*** Opening SOURCE INFORMATION ***

//! The top calls of ctest. They turn the words of a command line into a run with a report, an exit
//! status and two files, or into a list.
//!
//! Hands up: `ctest_main`, which does all that the program does, `list_main`, which lists alone, and
//! `plan_main`, which makes the plan of a run alone. For calls of other crates: the steps `read_tests`,
//! `read_spec`, `read_costs`, `why_unplanned`, `run_pool`, `write_files`, `report_end` and `report_outcome`.
//! Read first: `specs/Reading.antt`, `specs/SpecFile.antt`, `specs/Run.antt`, `specs/Stops.antt`,
//! `specs/RunFiles.antt`, `specs/Rerun.antt`, `specs/Answers.antt`, `specs/Lists.antt`,
//! `specs/Complete.antt`, then `top.rt`, and the steps of a call: `words.rt`, `reading.rt`,
//! `spec_file.rt`, `planning.rt`, `folder.rt`, `run.rt`, `run_files.rt`, `rerun.rt`, and `list.rt`.
#![tactic(auto)]

mod fault;
mod folder;
pub mod limits;
mod list;
mod outcome;
mod planning;
mod props;
mod reading;
mod rerun;
mod run;
mod run_files;
mod spec_file;
mod top;
mod words;

pub use ct_args::UsageKind;
pub use ct_props::PropKind;
pub use ct_spec::SpecFault;
pub use fault::{report_end, report_outcome};
pub use outcome::{Finished, Listed, Outcome, Refusal, SpecRefusal};
pub use planning::{Unplanned, hand_out_sound, plan_main, plan_words, unread, why_unplanned};
pub use props::Tests;
pub use reading::read_tests;
pub use run::{PoolRun, run_pool};
pub use run_files::{RunFileFault, read_costs, write_files};
pub use spec_file::{SpecFileFault, read_spec};
pub use top::{ctest_main, list_main};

*** Closing SOURCE INFORMATION ***

> **THE TASK**
A word-for-word restatement of the lines running from the one with "and the steps" to the last line of the records is the whole answer.

> **EXERCISE SOLUTION**
//! `specs/Complete.antt`, then `top.rt`, and the steps of a call: `words.rt`, `reading.rt`,
//! `spec_file.rt`, `planning.rt`, `folder.rt`, `run.rt`, `run_files.rt`, `rerun.rt`, and `list.rt`.
#![tactic(auto)]

mod fault;
mod folder;
pub mod limits;
mod list;
mod outcome;
mod planning;
mod props;
mod reading;
mod rerun;
mod run;
mod run_files;
mod spec_file;
mod top;
mod words;

pub use ct_args::UsageKind;
pub use ct_props::PropKind;
pub use ct_spec::SpecFault;
pub use fault::{report_end, report_outcome};
pub use outcome::{Finished, Listed, Outcome, Refusal, SpecRefusal};
pub use planning::{Unplanned, hand_out_sound, plan_main, plan_words, unread, why_unplanned};
pub use props::Tests;
pub use reading::read_tests;
pub use run::{PoolRun, run_pool};
pub use run_files::{RunFileFault, read_costs, write_files};
pub use spec_file::{SpecFileFault, read_spec};
pub use top::{ctest_main, list_main};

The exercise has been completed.